Last mile has never been more important than today. During times of massive disruption, the right supply chain management strategies can boost visibility, lower risk, and increase speed of service. Unfortunately, disruptions often occur with little, if any warning, putting company profitability and efficiency at risk. Last mile health, including e-commerce logistics, also suffers irreparable harm when disruptions occur without any mitigation strategies in place. However, technologies have the potential to provide a vaccine for better last mile health. But, A.T. Kearney’s lead partner in operations and performance transformation, Sean Monahan, via Retail Dive warns, “any solutions to last mile delivery problems need to solve issues of speed, security and most importantly, surety.” So, shippers need to know a few of the last mile health strategies that can mitigate losses amid disruption.

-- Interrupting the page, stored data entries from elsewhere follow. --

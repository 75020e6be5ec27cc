//! A site that hears a sequence of letters.

ghost use Rattle.raid_site.specs.Server.{IsRun};

use anyhow::{Result, bail};
use raid_base::Site;
use raid_letter_lines::{Step, Words, are_alike};
use raid_site::SiteServer;
use raid_workload::Workload;

/// The most letters that a server may hear.
const MOST: u32 = 1_000_000_000;

/// Whether the site's copies are those of the words: VALUE@VERSION of each, by item.
fn has_copies(rt: &HostRuntime, server: &SiteServer, words: &mut Words) -> Result<bool> {
    for line in server.copies().copy_lines(rt.alloc())?.as_slice() {
        let copy = format!(in rt.alloc(); "{}@{}", line.value, line.version)?;
        if words.word() != copy.as_str() {
            println!(rt; "item {} has the copy {}", line.item.0, copy.as_str())?;
            return Ok(false);
        }
    }
    Ok(words.is_empty())
}

/// Whether a site is up, and its session.
pub type State = (bool, u32);

/// Whether the site is as it is wanted to be, if that is said.
fn is_in(rt: &HostRuntime, server: &SiteServer, wanted: Option<State>) -> Result<bool> {
    let state = (server.is_up(), server.session());
    let alike = wanted.is_none() || wanted == Some(state);
    if !alike {
        println!(rt; "it is up: {}, in session {}", state.0, state.1)?;
    }
    Ok(alike)
}

/// Whether the site sends what is wanted at a letter.
fn sends_alike(
    rt: &HostRuntime,
    workload: &Workload,
    server: &mut SiteServer,
    step: &Step,
) -> Result<bool>
    requires { IsRun workload.now server.old }
    ensures { IsRun workload.now server.new }
{
    let heard = &step.heard;
    if heard.from > 9 || server.heard() >= MOST {
        bail!("no letter of a server");
    }
    let sent = server.hear(rt.alloc(), workload, heard.from, &heard.letter)?;
    let alike = are_alike(rt.alloc(), &sent, &step.sent)?;
    if !alike {
        println!(rt; "after {heard:?} it sends {sent:?}")?;
    }
    Ok(alike)
}

/// Whether the site sends what is wanted at each letter, and is in this state and has these copies in the end.
pub fn hears_alike(
    rt: &HostRuntime,
    workload: &Workload,
    site: Site,
    steps: &[Step],
    state: Option<State>,
    copies: &mut Words,
) -> Result<bool> {
    if site.0 < 1 || site.0 > workload.sites {
        bail!("no site of the workload");
    }
    let mut server = SiteServer::new(rt.alloc(), workload, site)?;
    for step in steps {
        if !sends_alike(rt, workload, &mut server, step)? {
            return Ok(false);
        }
    }
    Ok(is_in(rt, &server, state)? && has_copies(rt, &server, copies)?)
}
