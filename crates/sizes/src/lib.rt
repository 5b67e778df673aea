// FORMAT 3, 4: P, C and N of a block, and the refusals that they and the shape decide.
#![tactic(auto)]

mod accepted;
mod flags;
mod kinds;
mod net;
mod refusals;

pub use accepted::AcceptedBlock;
pub use flags::{Flags, flags_of};
pub use kinds::{Sizes, extrusion_sizes, grid_sizes, sizes_of};
pub use net::Net;
pub use refusals::{is_no_shape, verdict_to_7};
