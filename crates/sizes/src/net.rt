// FORMAT 4: the points of a grid or an extrusion, and the quads between them.
ghost use Rattle.std.specs.Prelude.{◌≡◌, ◌*◌, ◌≤◌, get_or};
ghost use Rattle.mesh.specs.Sizes.{quad_count};
ghost use Rattle.tables.specs.Layout.{most};
ghost use Rattle.sizes.specs.Known.{Sides};

use block::Header;
use tables::wide;

// Factors of 32 bits, so the product fits.
pub fn product(a: u32, b: u32) -> usize
    ensures { result ≡ a * b }
{
    wide(a) * wide(b)
}

// By its header, whose first two counts are the sides.
#[derive(Clone, Copy)]
pub struct Net {
    pub header: Header,
    ghost sides: { Sides header },
}

impl Net {
    pub fn points(&self) -> usize
        ensures { result ≡ get_or self.now.header.counts 0 0 * get_or self.now.header.counts 1 0 }
    {
        let n = self.header.counts;
        product(n[0], n[1])
    }

    pub fn quads(&self) -> usize
        ensures { (result ≡ quad_count self.now.header) × (result ≤ most * most) }
    {
        let n = self.header.counts;
        product(n[0] - 1, n[1] - 1)
    }
}
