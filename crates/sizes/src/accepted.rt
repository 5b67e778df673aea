// FORMAT 3: a block that the rows of the table up to 7 let pass, with its header and its settings.
ghost use Rattle.lent.specs.Lent.{Accepted};

use block::{Header, Settings};

// Sizes and colour stand beside it: a grid and an extrusion take no sizes, and an extrusion no colour; a struct over this one would serve three functions and
// be taken apart for the others. Grid's `GridBlock` has the same three fields and asks for the sides alone.
#[derive(Clone, Copy)]
pub struct AcceptedBlock<'a> {
    pub block: &'a [u8],
    pub header: Header,
    pub settings: Settings,
    ghost accepted: { Accepted block.now header settings },
}
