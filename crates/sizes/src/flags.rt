// FORMAT 5: the bits of the result, by the header alone.
ghost use Rattle.std.specs.Prelude.{◌≡◌, false};
ghost use Rattle.block.specs.Kind.{by_kind};
ghost use Rattle.sizes.specs.Flagged.{Flagged};

use block::{Header, Kind, is_lines};

#[derive(Clone, Copy)]
pub struct Flags {
    pub solid: bool,
    pub unlit: bool,
    pub has_colors: bool,
}

// Colours are made where they are present, but never for an extrusion.
fn makes_colours(kind: Kind, colors: bool) -> bool
    ensures { result ≡ by_kind kind colors colors colors false (λ g. colors) }
{
    match kind {
        Kind::FaceSet | Kind::LineSet | Kind::Grid | Kind::Primitives(_) => colors,
        Kind::Extrusion => false,
    }
}

// A line set is always solid and unlit.
pub fn flags_of(h: Header) -> Flags
    ensures { Flagged h result }
{
    let kind = h.kind;
    let lines = is_lines(kind);
    Flags {
        solid: lines || h.solid,
        unlit: lines,
        has_colors: makes_colours(kind, h.colors),
    }
}
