// FORMAT 3: the rows 6 and 7 of the table of refusals, and all rows up to 7.
ghost use Rattle.std.specs.Prelude.{◌≡◌, ◌++◌};
ghost use Rattle.block.specs.Header.{header_of};
ghost use Rattle.block.specs.Refusal.{Taken, block_rows, first_of};
ghost use Rattle.mesh.specs.Sizes.{is_no_grid, is_no_extrusion, is_no_shape, shape_rows};
ghost use Rattle.sizes.specs.Judged.{Judged};

use crate::kinds::{Sizes, sizes_of};
use crate::net::product;
use block::{Header, Kind, Refusal, limit_of};
use tables::wide;

// The two tests of the sides stand here and in `is_no_extrusion`: a function of them would be one line for two, and its name a third for what the definitions
// have two of.
fn is_no_grid(h: Header) -> bool
    ensures { result ≡ is_no_grid h }
{
    let n = h.counts;
    n[0] < 2 || n[1] < 2 || wide(n[3]) < product(n[0], n[1])
}

fn is_no_extrusion(h: Header) -> bool
    ensures { result ≡ is_no_extrusion h }
{
    let n = h.counts;
    n[0] < 2 || n[1] < 2
}

// Row 6.
pub fn is_no_shape(h: Header) -> bool
    ensures { result ≡ is_no_shape h }
{
    let kind = h.kind;
    match kind {
        Kind::Grid => is_no_grid(h),
        Kind::Extrusion => is_no_extrusion(h),
        Kind::FaceSet | Kind::LineSet | Kind::Primitives(_) => false,
    }
}

// The rows 6 and 7, of a block that the rows 1 to 5 and 9 let pass: the first that holds, or the sizes, which are counted for them.
fn shape_verdict(block: &[u8], h: Header) -> Result<Sizes, Refusal>
    requires { (h ≡ header_of block.now) × Taken block.now h }
    ensures { Judged block.now h (first_of (shape_rows block.now h)) result }
{
    if is_no_shape(h) {
        return Err(Refusal::NoShape);
    }
    let s = sizes_of(block, h);
    let limit = wide(limit_of(h.edition));
    if limit < s.points || limit < s.corners {
        return Err(Refusal::Corners);
    }
    Ok(s)
}

// All rows up to 7. Block and header are two arguments, and no struct with the fact that the header is the block's: it would spare a clause here, at
// `shape_verdict` and at geometry's `verdict_for` and `make`, and all but `verdict_for` would take it apart again for functions that ask nothing of the
// two, or more than that (`Known`, or what `AcceptedBlock` says).
pub fn verdict_to_7(block: &[u8], h: Header) -> Result<Sizes, Refusal>
    requires { h ≡ header_of block.now }
    ensures { Judged block.now h (first_of (block_rows block.now h ++ shape_rows block.now h)) result }
{
    block::refusal_of(block, h)?;
    shape_verdict(block, h)
}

Final Mile Considerations Shippers Must Make to Develop a Sound Strategy

1. Recognize the Risks That May Impact Your Operation

Prior to the COVID-19 pandemic, supply chain professionals and C-Suite executives grew complacent with the idea that more visibility and efficiency must involve lean inventory and the limited supply chain network. Unfortunately, the COVID-19 highlighted a major problem—supply chains lost resiliency and flexibility. In turn, companies found themselves in a unique position, unable to secure more product and supplies when customer demands went through the proverbial roof. Obviously, some supply chains did diversify supplier relationships, but most relationships remained in a specific part of the world—Asia. 

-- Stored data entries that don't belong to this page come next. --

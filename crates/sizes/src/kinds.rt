// FORMAT 4: P, C and N of each kind.
ghost use Rattle.std.specs.Prelude.{◌≡◌, ◌-◌, ◌*◌, ◌≤◌, ◌<◌, ◌^◌, get_or};
ghost use Rattle.extrusion.specs.Given.{Given};
ghost use Rattle.mesh.specs.Sizes as spec;
ghost use Rattle.tables.specs.Layout.{most};
ghost use Rattle.sizes.specs.Known.{Known, set_faces, primitive_faces, Are, Counted};

use crate::net::Net;
use block::{Header, Kind, Topology, Totals};
use extrusion::Extruded;
use primitives::Source;
use tables::wide;

// Of what a list names, P, C and N are counted once a call, and handed on; and with them the faces, by which the tables of listed faces are planned: 0 where
// none are listed, and no Option, as face sets and primitives alone read it, and there 0 is a number too.
#[derive(Clone, Copy)]
pub struct Sizes {
    pub points: usize,
    pub corners: usize,
    pub indices: usize,
    pub faces: usize,
}

// Of listed faces, by what their runs have together.
fn run_sizes(points: usize, t: Totals) -> Sizes
    requires { 3 * t.triangles < 2 ^ 64 }
    ensures { (result.points ≡ points) × (result.corners ≡ t.corners) × (result.indices ≡ 3 * t.triangles) × (result.faces ≡ t.faces) }
{
    Sizes {
        points,
        corners: t.corners,
        indices: 3 * t.triangles,
        faces: t.faces,
    }
}

fn face_set_sizes(block: &[u8], h: Header) -> Sizes
    ensures { Are (spec.face_set_sizes block.now h) (set_faces block.now h) result }
{
    let n = h.counts;
    run_sizes(
        wide(n[0]),
        block::face_totals(block::list_part(block, h, 1), n[0]),
    )
}

fn primitive_sizes(block: &[u8], h: Header, g: Topology) -> Sizes
    requires { get_or h.counts 0 0 ≤ most }
    ensures { Are (spec.primitive_sizes g block.now h) (primitive_faces g block.now h) result }
{
    let n = h.counts;
    let list = block::list_part(block, h, 1);
    let x = Source {
        list,
        points: n[0],
        g,
    };
    run_sizes(wide(n[0]), x.totals())
}

fn line_set_sizes(block: &[u8], h: Header) -> Sizes
    ensures { Are (spec.line_set_sizes block.now h) 0 result }
{
    let n = h.counts;
    let t = lines::line_totals(block::list_part(block, h, 1), n[0]);
    Sizes {
        points: wide(n[0]),
        corners: t.corners,
        indices: 2 * t.lines,
        faces: 0,
    }
}

pub fn grid_sizes(net: &Net) -> Sizes
    ensures { Are (spec.grid_sizes net.now.header) 0 result }
{
    let quads = net.quads();
    Sizes {
        points: net.points(),
        corners: 4 * quads,
        indices: 6 * quads,
        faces: 0,
    }
}

// The indices of a cap of k corners.
fn cap_indices(k: usize) -> usize
    requires { k ≤ most }
    ensures { (result ≡ 3 * (k - 2)) × (result ≤ 3 * most) }
{
    3 * k.saturating_sub(2)
}

pub fn extrusion_sizes(block: &[u8], net: &Net) -> Sizes
    requires { Given block.now net.now.header }
    ensures { Are (spec.extrusion_sizes block.now net.now.header) 0 result }
{
    let header = net.header;
    let k = Extruded { block, header }.cap_length();
    let n = extrusion::cap_count(header, k);
    let quads = net.quads();
    Sizes {
        points: net.points(),
        corners: 4 * quads + n * k,
        indices: 6 * quads + n * cap_indices(k),
        faces: 0,
    }
}

// FORMAT 2.2: by kind.
pub fn sizes_of(block: &[u8], h: Header) -> Sizes
    requires { Known block.now h }
    ensures { Counted block.now h result }
{
    let kind = h.kind;
    match kind {
        Kind::FaceSet => face_set_sizes(block, h),
        Kind::LineSet => line_set_sizes(block, h),
        Kind::Grid => {
            let grid = Net { header: h };
            grid_sizes(&grid)
        }
        Kind::Extrusion => {
            let sides = Net { header: h };
            extrusion_sizes(block, &sides)
        }
        Kind::Primitives(g) => primitive_sizes(block, h, g),
    }
}
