//! Values, their comparison and their order.

ghost use Rattle.std.specs.Prelude.{◌≡◌, ◌↔◌, IfOk, IsTrue};
ghost use Rattle.row_types.specs.declared.value.Value.TheVariants.{Number as NumberOf};
ghost use Rattle.row_types.specs.Order.{order_of, rank, value_order};
ghost use Rattle.row_types.specs.Values.{comparison_of, is_null};

use crate::text::Text;
use crate::time::Time;
use crate::truth::Truth;
use numbers::Number;
use std::alloc::{AllocError, Global};
use std::cmp::Ordering;

/// A value of a column.
#[derive(Drop)]
pub enum Value {
    /// No value. The text without bytes is NULL too.
    Null,
    /// A number with a scale. A whole number has scale 0.
    Number(Number),
    /// A text.
    Text(Text),
    /// A time in whole seconds.
    Time(Time),
}

impl Value {
    /// A whole number.
    pub fn integer(number: i64) -> Value
        ensures { result ≡ NumberOf (record { units = number; scale = 0 }) }
    {
        Value::Number(Number::integer(number))
    }

    /// Whether it is NULL.
    pub fn is_null(&self) -> bool
        ensures { result ≡ is_null self.now }
    {
        matches!(self, Value::Null)
    }

    /// Whether this is the same value. NULL is the same as NULL here.
    pub fn same(&self, other: &Value) -> bool
        ensures { IsTrue result ↔ (self.now ≡ other.now) }
    {
        match (self, other) {
            (Value::Null, Value::Null) => true,
            (Value::Number(a), Value::Number(b)) => *a == *b,
            (Value::Text(a), Value::Text(b)) => a.same(b),
            (Value::Time(a), Value::Time(b)) => *a == *b,
            _ => false,
        }
    }

    /// A second copy of the value.
    pub fn copied(&self, alloc: Global) -> Result<Value, AllocError>
        ensures { IfOk result (λ value. value ≡ self.now) }
    {
        match self {
            Value::Null => Ok(Value::Null),
            Value::Number(number) => Ok(Value::Number(*number)),
            Value::Text(text) => {
                let text = text.copied(alloc)?;
                Ok(Value::Text(text))
            }
            Value::Time(time) => Ok(Value::Time(*time)),
        }
    }
}

/// The operator `=`: `True` where both are equal, `False` where they differ, `Unknown` where a side is NULL. Numbers
/// are equal where they stand for the same, whatever their scales.
pub fn compare(a: &Value, b: &Value) -> Truth
    ensures { result ≡ comparison_of a.now b.now }
{
    if a.is_null() || b.is_null() {
        return Truth::Unknown;
    }
    Truth::of(value_order(a, b).is_eq())
}

/// The order of keys and rows: that of what values stand for, and then by scale, so that only the same values are equal
/// in it.
pub fn order(a: &Value, b: &Value) -> Ordering
    ensures { result ≡ order_of a.now b.now }
{
    match (a, b) {
        (Value::Number(a), Value::Number(b)) => a.order(*b).then(a.scale().cmp(&b.scale())),
        _ => value_order(a, b),
    }
}

/// The order of what values stand for, by which conditions go: numbers and times by size, texts by bytes, NULL last.
/// Numbers stand before times and times before texts, though no column has two of these.
pub fn value_order(a: &Value, b: &Value) -> Ordering
    ensures { result ≡ value_order a.now b.now }
{
    match (a, b) {
        (Value::Number(a), Value::Number(b)) => a.order(*b),
        (Value::Time(a), Value::Time(b)) => a.seconds().cmp(&b.seconds()),
        (Value::Text(a), Value::Text(b)) => a.as_bytes().cmp(b.as_bytes()),
        _ => rank(a).cmp(&rank(b)),
    }
}

fn rank(value: &Value) -> u8
    ensures { result ≡ rank value.now }
{
    match value {
        Value::Number(_) => 0,
        Value::Time(_) => 1,
        Value::Text(_) => 2,
        Value::Null => 3,
    }
}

As a result of disruption in the APAC region, it was only a matter of time before the problems reached the U.S. supply chain. They simply overlooked the risk. Thus, reviewing all possible risks is an essential disruption prevention strategy. The same applies to the last mile. Shippers need to think about how those risks could impact the final mile, such as limited access to customer homes, offering contactless delivery options and more. Clearly, C-Suite executives should have taken stock of the risks in limiting the geographic footprint of such relationships.

2. Expand Your Supply Chain Relationships

The next prevention strategy lies in the diversification of supply chain relationships. This includes leveraging the full scale and power of all carriers, not only the Big Three. Instead of relying on a single supplier in one country, C-Suite executives need to establish relationships with other manufacturers. Even raw material availability is at stake today, and the only way to prevent a recurrence is to expand available relationships before the next disruption hits. 

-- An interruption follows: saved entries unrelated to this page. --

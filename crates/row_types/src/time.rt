//! Times in whole seconds.

ghost use Rattle.std.specs.Prelude.{◌≡◌, ◌<◌, ◌≤◌, ◌^◌, ◌≤ℤ◌, length, pos, true};
ghost use Rattle.jiff_core.specs.Date.{epoch_day};
ghost use Rattle.std.specs.List.{list_all};
ghost use Rattle.std.specs.Char.{is_ascii_digit};
ghost use Rattle.std.specs.Str.Parse.{digits_value};
ghost use Rattle.row_types.specs.TimeTexts.{day_number, has_form, has_marks, has_numbers, second_of_day, time_at, time_of, time_text, two_digits};
ghost use Rattle.row_types.specs.CivilForms.{IsClockAt, IsDateAt};
ghost use Rattle.row_types.specs.Times.{IsTime};

use jiff_core::civil;
use std::marker::Model;

/// How many seconds a day has.
const DAY_SECONDS: i64 = 86_400;

/// How many days lie between -9999-01-01, the calendar's first day, and 1970-01-01.
const DAYS_BEFORE_1970: i64 = 4_371_587;

/// A time of the years 0001 to 9999, in whole seconds since 1970-01-01 00:00:00. Clauses see the seconds.
#[derive(Clone, Copy, Debug, PartialEq, Eq)]
pub struct Time {
    seconds: i64,
}

impl Model for Time {
    ghost use Rattle.std.specs.Prelude.{ℤ};
    ghost use Rattle.row_types.specs.Times.{IsTime};

    ghost Value = { ℤ };

    ghost view = { λ time. time.seconds };

    ghost invariant = { λ time. IsTime time.seconds };

    ghost inverse = { λ seconds. record { seconds = seconds } };
}

impl Time {
    /// The time so many seconds after 1970-01-01 00:00:00, before it where they are negative. A condition is that
    /// it is of the years 0001 to 9999.
    pub fn from_seconds(seconds: i64) -> Time
        requires { IsTime seconds }
        ensures { result ≡ seconds }
    {
        Time { seconds }
    }

    /// The seconds since 1970-01-01 00:00:00.
    pub fn seconds(self) -> i64
        ensures seconds { result ≡ self }
        ensures range { IsTime result }
    {
        self.seconds
    }

    /// The time that the text names, `YYYY-MM-DD HH:MM:SS`. None where it has another form, or names no date of the
    /// years 0001 to 9999 or no time of day. It takes no memory.
    pub fn from_text(text: &[u8]) -> Option<Time>
        ensures { result ≡ time_of text.now }
    {
        if !has_form(text) {
            return None;
        }
        time_at(
            number(&text[0..4]),
            number(&text[5..7]),
            number(&text[8..10]),
            number(&text[11..13]),
            number(&text[14..16]),
            number(&text[17..19]),
        )
    }

    /// The text of the time, `YYYY-MM-DD HH:MM:SS`. It takes no memory.
    pub fn to_text(self) -> [u8; 19]
        ensures { result ≡ time_text self }
    {
        let date = self.date();
        let year = date.year as u16;
        let [y0, y1] = two_digits((year / 100) as u8);
        let [y2, y3] = two_digits((year % 100) as u8);
        let [m0, m1] = two_digits(date.month);
        let [d0, d1] = two_digits(date.day);
        let second = self.second_of_day();
        let [h0, h1] = two_digits((second / 3600) as u8);
        let [n0, n1] = two_digits((second / 60 % 60) as u8);
        let [s0, s1] = two_digits((second % 60) as u8);
        [
            y0, y1, y2, y3, b'-', m0, m1, b'-', d0, d1, b' ', h0, h1, b':', n0, n1, b':', s0, s1,
        ]
    }

    /// The date of the time's day.
    pub(crate) fn date(self) -> civil::Date
        ensures day { epoch_day result ≡ day_number self }
        ensures year { pos 1 ≤ℤ result.year }
    {
        let day = self.seconds.div_euclid(DAY_SECONDS);
        civil::Date::from_days_since_min((day + DAYS_BEFORE_1970) as u32)
    }

    fn second_of_day(self) -> u32
        ensures value { result ≡ second_of_day self }
        ensures bound { result < 86400 }
    {
        self.seconds.rem_euclid(DAY_SECONDS) as u32
    }
}

fn two_digits(number: u8) -> [u8; 2]
    requires { number < 100 }
    ensures { result ≡ two_digits number }
{
    [b'0' + number / 10, b'0' + number % 10]
}

fn time_at(year: u16, month: u16, day: u16, hour: u16, minute: u16, second: u16) -> Option<Time>
    requires date { (year < 10000) × (month < 100) × (day < 100) }
    requires clock { (hour < 100) × (minute < 100) × (second < 100) }
    ensures { result ≡ time_at year month day hour minute second }
{
    let date = date_at(year, month, day)?;
    let time = clock_at(hour, minute, second)?;
    Some(Time {
        seconds: civil::DateTime { date, time }.to_second(),
    })
}

fn date_at(year: u16, month: u16, day: u16) -> Option<civil::Date>
    requires { (year < 10000) × (month < 100) × (day < 100) }
    ensures { IsDateAt year month day result }
{
    if year < 1 {
        return None;
    }
    match civil::Date::new(year as i16, month as i8, day as i8) {
        Ok(date) => Some(date),
        Err(_) => None,
    }
}

fn clock_at(hour: u16, minute: u16, second: u16) -> Option<civil::Time>
    requires { (hour < 100) × (minute < 100) × (second < 100) }
    ensures { IsClockAt hour minute second result }
{
    match civil::Time::new(hour as i8, minute as i8, second as i8, 0) {
        Ok(time) => Some(time),
        Err(_) => None,
    }
}

fn has_form(text: &[u8]) -> bool
    ensures { result ≡ has_form text.now }
{
    has_marks(text) && has_numbers(text)
}

fn has_marks(text: &[u8]) -> bool
    ensures { result ≡ has_marks text.now }
{
    text.len() == 19
        && text[4] == b'-'
        && text[7] == b'-'
        && text[10] == b' '
        && text[13] == b':'
        && text[16] == b':'
}

fn has_numbers(text: &[u8]) -> bool
    requires { length text.now ≡ 19 }
    ensures { result ≡ has_numbers text.now }
{
    are_digits(&text[0..4])
        && are_digits(&text[5..7])
        && are_digits(&text[8..10])
        && are_digits(&text[11..13])
        && are_digits(&text[14..16])
        && are_digits(&text[17..19])
}

/// Whether each byte is a digit.
pub(crate) fn are_digits(bytes: &[u8]) -> bool
    ensures { result ≡ list_all is_ascii_digit bytes.now }
{
    bytes.iter().all(|byte| byte.is_ascii_digit())
}

fn number(digits: &[u8]) -> u16
    requires digits { list_all is_ascii_digit digits.now ≡ true }
    requires short { length digits.now ≤ 4 }
    ensures value { result ≡ digits_value 10 digits.now }
    ensures bound { result < 10 ^ length digits.now }
{
    let mut number = 0;
    for digit in digits {
        number = number * 10 + u16::from(*digit - b'0');
    }
    number
}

3. Automate Repetitive, Manual Processes

Another part of the risk to last mile health comes from its repetitive, redundant, and frankly riskier process. Since the last mile involves multiple “touches” within the back of a delivery van, it represents the greatest opportunity for loss. Of course, it’s not always possible to eliminate all touches. But, new technologies, including drones and curbside services, are quickly replacing the standards of last mile delivery.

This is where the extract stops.